- Gata Location within Croatia
- Coordinates: 43°28′N 16°42′E﻿ / ﻿43.467°N 16.700°E
- Country: Croatia
- County: Split-Dalmatia
- City: Omiš

Area
- • Total: 12.6 km^{2} (4.9 sq mi)

Population (2021)
- • Total: 599
- • Density: 47.5/km^{2} (123/sq mi)
- Time zone: UTC+1 (CET)
- • Summer (DST): UTC+2 (CEST)

= Gata, Croatia =

Village in Split-Dalmatia County, Croatia

Gata is a village located at the foot of the mountain Mosor, 16 miles east of the city of Split, and 1.3 miles inland from the coast of the Adriatic Sea.
It is administratively located within the city of Omiš, in the Split-Dalmatia County.
The village had a population of 567 in the 2011 census.
It is located in the area of Poljica, near the river Cetina, at an elevation of 932 ft.

==History==
Gata is a part of the historical Republic of Poljica, and up until the end of the Republic it was the place where the prince of Poljica was elected every year on the day of their patron Saint George.
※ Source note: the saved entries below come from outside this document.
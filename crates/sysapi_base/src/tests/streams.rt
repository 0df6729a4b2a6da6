use crate::{Clock, END, Failed, Sink, Source, StreamSink, StreamSource, SystemClock};
use std::io::{Cursor, ErrorKind, Read, Write};
use std::test::Fail;
use std::time::Duration;
use std::{io, rt};

// A reader or writer of which the calls are interrupted, go well, are answered by 0 and fail, in this order over and over.
#[derive(Drop)]
struct Moody {
    calls: u8,
}

impl Moody {
    fn next(&mut self) -> u8 {
        self.calls = self.calls.wrapping_add(1);
        self.calls % 4
    }
}

impl Read for Moody {
    fn read(&mut self, buf: &mut [u8]) -> io::Result<usize> {
        match self.next() {
            1 => Err(io::Error::new(ErrorKind::Interrupted, "interrupted")),
            2 => {
                buf.fill(9);
                Ok(buf.len())
            }
            3 => Ok(0),
            _ => Err(io::Error::new(ErrorKind::Other, "broken")),
        }
    }
}

impl Write for Moody {
    fn write(&mut self, buf: &[u8]) -> io::Result<usize> {
        match self.next() {
            1 => Err(io::Error::new(ErrorKind::Interrupted, "interrupted")),
            2 => Ok(buf.len().min(1)),
            3 => Ok(0),
            _ => Err(io::Error::new(ErrorKind::Other, "broken")),
        }
    }

    fn flush(&mut self) -> io::Result<()> {
        Ok(())
    }
}

#[test]
fn a_source_reads_again_after_an_interruption(rt: HostRuntime) {
    let mut source = StreamSource::new(Moody { calls: 0 });
    let mut into = [0u8; 2];
    assert_eq!(rt; source.read(&mut into), Ok(2));
    assert_eq!(rt; into, [9, 9]);
    assert_eq!(rt; source.read(&mut into), Ok(0));
    assert_eq!(rt; source.read(&mut into), Err(Failed));
    assert_eq!(rt; source.read(&mut into), Ok(2));
}

#[test]
fn a_sink_takes_no_nothing(rt: HostRuntime) {
    let mut sink = StreamSink::new(Moody { calls: 0 });
    assert_eq!(rt; sink.write(&[1, 2]), Ok(1));
    assert_eq!(rt; sink.write(&[1, 2]), Err(Failed));
    assert_eq!(rt; sink.write(&[1, 2]), Err(Failed));
    assert_eq!(rt; sink.write(&[]), Ok(0));
    assert_eq!(rt; sink.write(&[]), Ok(0));
}

// One type for writers of two kinds, as for standard output and standard error.
#[test]
fn boxed_writers_have_one_type(rt: HostRuntime) -> Result<(), Fail> {
    let alloc = rt.alloc();
    let well: Box<dyn Write + Drop> = Box::new(alloc, Cursor::new([0u8; 4].to_vec(alloc)?))?;
    let moody: Box<dyn Write + Drop> = Box::new(alloc, Moody { calls: 3 })?;
    let mut sinks = [StreamSink::new(well), StreamSink::new(moody)];
    let mut answers = [Ok(0), Ok(0)];
    for (answer, sink) in answers.iter_mut().zip(sinks.iter_mut()) {
        *answer = sink.write(&[1, 2, 3]);
    }
    assert_eq!(rt; answers, [Ok(3), Err(Failed)]);
    Ok(())
}

#[derive(Clone, Copy)]
struct Stopped {
    at: Option<Duration>,
}

impl rt::Clock for Stopped {
    fn monotonic(&self) -> io::Result<Duration> {
        self.since_1970()
    }

    fn since_1970(&self) -> io::Result<Duration> {
        match self.at {
            Some(at) => Ok(at),
            None => Err(io::Error::new(ErrorKind::Other, "no clock")),
        }
    }
}

#[test]
fn a_clock_stays_in_range(rt: HostRuntime) {
    for (at, want) in [
        (Some(Duration::from_millis(END - 1)), END - 1),
        (Some(Duration::from_millis(END)), END - 1),
        (Some(Duration::from_secs(u64::MAX)), END - 1),
        (Some(Duration::from_nanos(1_999_999)), 1),
        (None, 0),
    ] {
        let mut clock = SystemClock::new(Stopped { at });
        assert_eq!(rt; clock.now().millis(), want);
        assert_eq!(rt; clock.twin().now().millis(), want);
    }
}

// The day on which this was written, which a working clock is past.
#[test]
fn the_system_has_a_clock(rt: HostRuntime) {
    let mut clock = SystemClock::new(rt);
    assert!(rt; clock.now().millis() > 1_700_000_000_000);
}
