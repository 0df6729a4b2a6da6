use crate::Id;
use std::str;
use std::test::Fail;

#[test]
fn made_ids_have_their_text(rt: HostRuntime) -> Result<(), Fail> {
    for (repository, serial, text) in [
        (1, 0, "00000000-0001-8000-8000-000000000000"),
        (1, 0x1f7, "00000000-0001-8000-8000-0000000001f7"),
        (
            0xffff_ffff_ffff,
            0x3fff_ffff_ffff_ffff,
            "ffffffff-ffff-8000-bfff-ffffffffffff",
        ),
    ] {
        let id = Id::made(repository, serial);
        assert_eq!(rt; str::from_utf8(&id.text())?, text);
        assert_eq!(rt; Id::parse(text), Some(id));
    }
    Ok(())
}

#[test]
fn only_the_hyphenated_text_is_an_ids(rt: HostRuntime) {
    let id = Id::from_u128(0xabcd_ef01_2345_6789_abcd_ef01_2345_6789);
    assert_eq!(rt; Id::parse("ABCDEF01-2345-6789-abcd-EF0123456789"), Some(id));
    for text in [
        "",
        "abcdef0123456789abcdef0123456789",
        "{abcdef01-2345-6789-abcd-ef0123456789}",
        "urn:uuid:abcdef01-2345-6789-abcd-ef0123456789",
        "abcdef01-2345-6789-abcd-ef012345678g",
        "abcdef012-345-6789-abcd-ef0123456789",
    ] {
        assert_eq!(rt; Id::parse(text), None, "at {text}");
    }
}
The village was heavily damaged during the massacre on 1 October 1942, when a group of Chetniks led by Mane Rokvić (under Momčilo Đujić), under the protection of the fascist occupiers, killed 79 villagers and burned the village. This date is still commemorated today in an annual mass.

==Culture==
The village organizes an annual festival called the Days of Ivo Marjanović in honor of this great actor.

Gata contains the ruins of an early Christian basilica.

==Population==
About 600 villagers live in Gata and the surrounding smaller villages of Podgrac, Gomila, Pocelje, Čovići, and Kuvačići. The majority of the population is Roman Catholic.